Jeff, this is Toni. Maybe at a high level, whenever you hear data released like that, that actually validates our case. We have always stated, look, circulating tumor DNA and sell-through DNA is a very valuable clinical diagnostic specimen. However, it comes with certain analytical challenges. Depending on what treatment the patient receives, depending on what the stage of cancer is, the signal can be very faint. It can be a very rare analyte. Cell-free DNA is highly fragmented if your assay technology is not optimized to deal with that type of analyte, you will not see anything. Numbers like that in 30%, 40% of patients the cell-free DNA signal would not be informative. We have seen that, historically, quite a bit.

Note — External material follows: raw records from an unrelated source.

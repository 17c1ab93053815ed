//! Lists of faults. That memory was refused is no fault of a text.
ghost use Rattle.std.specs.Prelude.{◌≡◌, ◌≢◌, ◌++◌, IfOk, OnOk, Some, option_to_list};
ghost use Rattle.ext_plan_reading.specs.declared.fault.PlanFault.TheVariants.{Memory};

use crate::fault::PlanFault;
use std::alloc::{AllocError, Global};

/// The fault that ended a reading, if there is one, as a list.
pub(crate) fn listed(alloc: Global, found: Option<PlanFault>) -> Result<Vec<PlanFault>, AllocError>
    ensures { IfOk result (λ faults. (faults.items ≡ option_to_list found) × (found ≢ Some Memory)) }
{
    let mut faults = Vec::new(alloc);
    add_fault(&mut faults, found)?;
    Ok(faults)
}

/// Puts the fault that ended a reading, if there is one, behind the others.
pub(crate) fn add_fault(
    faults: &mut Vec<PlanFault>,
    found: Option<PlanFault>,
) -> Result<(), AllocError>
    ensures added { OnOk result (faults.new.items ≡ faults.old.items ++ option_to_list found) }
    ensures known { OnOk result (found ≢ Some Memory) }
{
    match found {
        None => Ok(()),
        Some(PlanFault::Memory) => Err(AllocError),
        Some(fault) => {
            faults.push(fault)?;
            Ok(())
        }
    }
}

I would invite you to compare that with our data releases, and with the achievements that we have when we look at concordance between biopsy cell-free DNA and blood cell-free DNA and tissue -- excuse me, and urine. We have so far processed in our lab over 8,000 clinical samples from a variety of cancer patients, and I can assure you that our ability to detect circulating tumor DNA is much, much better. That requires that you have technologies available like we have to see it. Maybe -- I mean -- if you don't -- if you're not able to detect something, then you can't say it's not there, right?

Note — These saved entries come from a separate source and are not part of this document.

impl<R: Rng + Drop> Blob for Device<R> {
    ghost use Rattle.auth_store_device.specs.Devices.{IsDeviceCall, mode_below, failures_of};

    ghost calls = { λ d. d.calls };

    ghost failures = { failures_of };

    ghost left = { λ d. calls_left d.left };

    /// So many bytes from an offset on. F8: a count has ended; F10: a cut of the power stands; F1: no opening stands;
    /// F9: out of memory; F6: a fault was injected; F7: they are not all there. After a refusal the log is as it was.
    fn read_at(&mut self, _alloc: Global, offset: u64, len: usize) -> Result<Vec<u8>, Error>
        ensures slice { IfOk result (λ bytes. IsSlice (file_of self.old.calls) offset len bytes.items) }
        ensures cause { IfErr result (IsReadCause (failures_of self.old) (file_of self.old.calls) offset len) }
        ensures calls { self.new.calls ≡ self.old.calls }
        ensures failures { failures_of self.new ≡ failures_after result (failures_of self.old) }
        ensures left { calls_left self.new.left ≡ calls_left self.old.left - used_up result }
        ensures cut { MeetsCut result (failures_of self.old) (calls_left self.old.left) }
        ensures device { IsDeviceCall CallKind.Read (λ blob below answer changed left. (changed ≡ blob)
            × IsFaultyCall (R.stream) Call.Read below.config.read (MemoryReads blob.inner offset len) below answer left)
            self.old result self.new }
    {
        self.stop()?;
        let Some(log) = &self.log else {
            return Err(Error::BlobMissing);
        };
        let answer = read_log(&mut self.storage, log, offset, len);
        self.left = left_after(&answer, self.left);
        answer
    }

    /// Makes the log durable. F8: a count has ended; F10: a cut of the power stands; F1: no opening stands; F9: out of
    /// memory; the log is then as it was. F6: a fault was injected; all that was pending is so still.
    fn sync(&mut self) -> Result<(), Error>
        ensures calls { RecordsSync result self.old.calls self.new.calls }
        ensures cause { IfErr result (IsCause (failures_of self.old) CallKind.Sync 0) }
        ensures failures { failures_of self.new ≡ failures_after result (failures_of self.old) }
        ensures left { calls_left self.new.left ≡ calls_left self.old.left - used_up result }
        ensures cut { MeetsCut result (failures_of self.old) (calls_left self.old.left) }
        ensures device { IsDeviceCall CallKind.Sync (λ blob below answer changed left. (changed ≡ blob)
            × IsFaultyCall (R.stream) Call.Sync below.config.sync (MemorySyncs blob.inner) below answer left)
            self.old result self.new }
    {
        self.stop()?;
        let Some(log) = &self.log else {
            return Err(Error::BlobMissing);
        };
        let answer = sync_log(&mut self.storage, log, &mut self.record_kept);
        self.left = left_after(&answer, self.left);
        answer
    }

    /// Starts a sync, which is made at once and uses up a call as `sync` does, and gives its answer as a value to be
    /// finished: what `sync` answers.
    fn start_sync(&mut self) -> StartedSync
        ensures calls { RecordsSync result.answer self.old.calls self.new.calls }
        ensures cause { IfErr result.answer (IsCause (failures_of self.old) CallKind.Sync 0) }
        ensures failures { failures_of self.new ≡ failures_after result.answer (failures_of self.old) }
        ensures left { calls_left self.new.left ≡ calls_left self.old.left - used_up result.answer }
        ensures cut { MeetsCut result.answer (failures_of self.old) (calls_left self.old.left) }
        ensures device { IsDeviceCall CallKind.Sync (λ blob below answer changed left. (changed ≡ blob)
            × IsFaultyCall (R.stream) Call.Sync below.config.sync (MemorySyncs blob.inner) below answer left)
            self.old result.answer self.new }
    {
        StartedSync::new(self.sync())
    }

    /// Writes bytes at an offset, with zeros in a gap before them. F8: a count has ended, or their end would pass a
    /// u64; F10: a cut of the power stands; F1: no opening stands; F9: out of memory; the log is then as it was. F6: a
    /// fault was injected; any part of the bytes may then be there.
    fn write_at(&mut self, offset: u64, bytes: &[u8], mode: WriteMode) -> Result<(), Error>
        ensures calls { Records result (wrote (place_of mode offset bytes.now) bytes.now (is_sync mode))
            self.old.calls self.new.calls }
        ensures cause { IfErr result (IsCause (failures_of self.old) CallKind.Write (offset + length bytes.now)) }
        ensures failures { failures_of self.new ≡ failures_after result (failures_of self.old) }
        ensures left { calls_left self.new.left ≡ calls_left self.old.left - used_up result }
        ensures cut { MeetsCut result (failures_of self.old) (calls_left self.old.left) }
        ensures device { IsDeviceCall CallKind.Write (λ blob below answer changed left.
            FaultyWrites (R.stream) blob offset bytes.now (mode_below mode) below answer changed left)
            self.old result self.new }
    {
        self.stop()?;
        let Some(log) = &mut self.log else {
            return Err(Error::BlobMissing);
        };
        let answer = write_log(
            &mut self.storage,
            log,
            &mut self.record_kept,
            offset,
            bytes,
            mode,
        );
        self.left = left_after(&answer, self.left);
        answer
    }

    /// Cuts the log to a length, or grows it to that by zeros. F8: a count has ended, or its end would pass a u64; F10:
    /// a cut of the power stands; F1: no opening stands; F9: out of memory; the log is then as it was. F6: a fault was
    /// injected; it may then have another length.
    fn resize(&mut self, len: u64) -> Result<(), Error>
        ensures calls { Records result (resized_to len) self.old.calls self.new.calls }
        ensures cause { IfErr result (IsCause (failures_of self.old) CallKind.Resize len) }
        ensures failures { failures_of self.new ≡ failures_after result (failures_of self.old) }
        ensures left { calls_left self.new.left ≡ calls_left self.old.left - used_up result }
        ensures cut { MeetsCut result (failures_of self.old) (calls_left self.old.left) }
        ensures device { IsDeviceCall CallKind.Resize (λ blob below answer changed left.
            FaultyResizes (R.stream) blob len below answer changed left) self.old result self.new }
    {
        self.stop()?;
        let Some(log) = &mut self.log else {
            return Err(Error::BlobMissing);
        };
        let answer = resize_log(&mut self.storage, log, &mut self.record_kept, len);
        self.left = left_after(&answer, self.left);
        answer
    }
}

They couldn't detect it, but that doesn't mean you couldn't detect it?

We have released repeated data sets that show that our concordance between tissue and cell-free DNA, both in blood and in urine is dramatically higher than the numbers that are quoted there.

Okay.

Again, that makes in an indirect way, makes the case for our argument, that circulating tumor DNA is a very informative diagnostic specimen. But if you don't have the right sample, if you don't have the right amount, if you don't have the right assay technology, you're not going to achieve the type of clinical sensitivity that you need. We do achieve that.

Okay, thanks a lot. Thanks very much.

Dale Beed, Morgan Stanley.

Hi, guys. Thanks for the call today. I just had a couple of questions for Steve. Steve, do you know how much impact did this pilot clinical testing program have on the earnings? Can you give us any color on that?

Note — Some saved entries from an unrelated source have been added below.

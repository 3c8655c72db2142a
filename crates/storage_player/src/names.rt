//! Names that are open: a call that is made while one of them is.

use crate::told::{done, refused};
use case_lines::{Unanswered, bytes};
use fault_storage::{Error, OpenBlob, Opens, Storage, Versions};
use std::alloc::Global;

// The answer to an opening, and closes what it opened.
fn opened<B: Drop>(
    alloc: Global,
    opens: &mut Opens,
    answer: Result<OpenBlob<B>, Error>,
) -> Result<String, Unanswered> {
    match answer {
        Ok(open) => {
            let shown = open.opened();
            let (size, version) = (shown.size, shown.version);
            opens.close(open);
            Ok(format!(in alloc; "{size} {version}")?)
        }
        Err(error) => refused(alloc, error),
    }
}

// The answer to a call of the names that are open.
fn answer<S: Storage<Blob = B>, B: Drop>(
    alloc: Global,
    opens: &mut Opens,
    storage: &mut S,
    versions: Versions,
    words: &[&str],
) -> Result<String, Unanswered> {
    match words {
        ["open", partition, name] => {
            let name = bytes(alloc, name)?;
            let answer = opens.open(storage, partition, &name, versions);
            opened(alloc, opens, answer)
        }
        ["remove", partition] => done(alloc, opens.remove(storage, partition, None)),
        ["remove", partition, name] => {
            let name = bytes(alloc, name)?;
            done(alloc, opens.remove(storage, partition, Some(&name)))
        }
        ["replace", partition, name] => {
            let name = bytes(alloc, name)?;
            done(alloc, opens.replace(partition, &name, || Ok(())))
        }
        _ => Err(Unanswered::BadLine),
    }
}

/// Opens a name, answers a call that is made while it is open, and closes it. The refusal of the first opening, where
/// it is refused.
pub fn while_open<S: Storage<Blob = B>, B: Drop>(
    alloc: Global,
    storage: &mut S,
    versions: Versions,
    words: &[&str],
) -> Result<String, Unanswered> {
    let [partition, name, words @ ..] = words else {
        return Err(Unanswered::BadLine);
    };
    let name = bytes(alloc, name)?;
    let mut opens = Opens::new(alloc);
    match opens.open(storage, partition, &name, versions) {
        Ok(open) => {
            let told = answer(alloc, &mut opens, storage, versions, words);
            opens.close(open);
            told
        }
        Err(error) => refused(alloc, error),
    }
}
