//! A generator of words that are written down.

ghost use Rattle.std.specs.Prelude.{ℕ, ◌+◌, ◌%◌, ◌^◌, List, slice_get, unwrap_or};
ghost use Rattle.rand_core.specs.Steps.{stream_of, steps_u64_low};

use rand_core::utils::NextWord;
use rand_core::{Rng, utils};
use std::alloc::Global;
use std::marker::Model;

/// A generator of these words, and of zeros behind them.
#[derive(Drop)]
pub struct Listed {
    words: Vec<u64>,
    taken: usize,
}

impl Model for Listed {
    ghost Value = { List ℕ × ℕ };

    ghost view = { λ it. (it.words.items, it.taken) };
}

impl Listed {
    /// A generator of these words.
    pub fn new(words: Vec<u64>) -> Listed {
        Listed { words, taken: 0 }
    }

    /// A generator of zeros alone.
    pub fn zeros(alloc: Global) -> Listed {
        Listed::new(Vec::new(alloc))
    }

    /// How many words were taken.
    pub fn taken(&self) -> usize {
        self.taken
    }
}

impl NextWord<u64> for Listed {
    ghost step = { λ s. (unwrap_or (slice_get s.0 s.1) 0, (s.0, (s.1 + 1) % 2 ^ 64)) };

    fn next_word(&mut self) -> u64 {
        let word = self.words.get(self.taken).copied().unwrap_or(0);
        self.taken = self.taken.wrapping_add(1);
        word
    }
}

impl Rng for Listed {
    ghost stream = { stream_of (steps_u64_low (λ s. (unwrap_or (slice_get s.0 s.1) 0, (s.0, (s.1 + 1) % 2 ^ 64)))) };

    fn next_u32(&mut self) -> u32 {
        (self.next_word() % (1 << 32)) as u32
    }

    fn next_u64(&mut self) -> u64 {
        self.next_word()
    }

    fn fill_bytes(&mut self, dst: &mut [u8]) {
        utils::fill_bytes_via_u64(self, dst)
    }
}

In that quarter, you've got to view that as a market development exercise. During that quarter, most of that would have been spent on preparation and preparing it to staff, the traveling of the staff, the materials that the staff had out in the field. As I said, the cash burn for the quarter was $5.4 million. That's actually up from $5 million from Q1. Will the things that you just asked about drive the burn rate up? Yes. But, as I also said, I think we've got funding well into 2017. It's not going to be dramatic. The incremental step-ups quarter to quarter are not going to be that significant.

I see. How many tests can you disclose that we would have to do before we would become profitable at this on a daily basis? Do you have any idea on that?

Yes. We're still working on finalizing the answers to those kind of questions, frankly. Have we modeled that? Of course. But, it's still a little early to be discussing that in an open forum.

Okay, thank you.

Ladies and gentlemen, we've reached the end of today's allotted time for the question-and-answer session. At this time I'd like to turn the conference call back over for any closing remarks.

Well, thanks a lot for your interest in Trovagene. I think I want to repeat myself with one statement. This is the liquid biopsies, cell-free DNA, circulating tumor DNA in oncology, is an enormous clinical and economic opportunity. If you are struggling to get your arms around who will be a leading player in this field, look at the clinical data. That's where the answer to that question is. With that, I want to close it for today.

Ladies and gentlemen, that does close today's conference call. We do thank you for attending. You may now disconnect your telephone lines.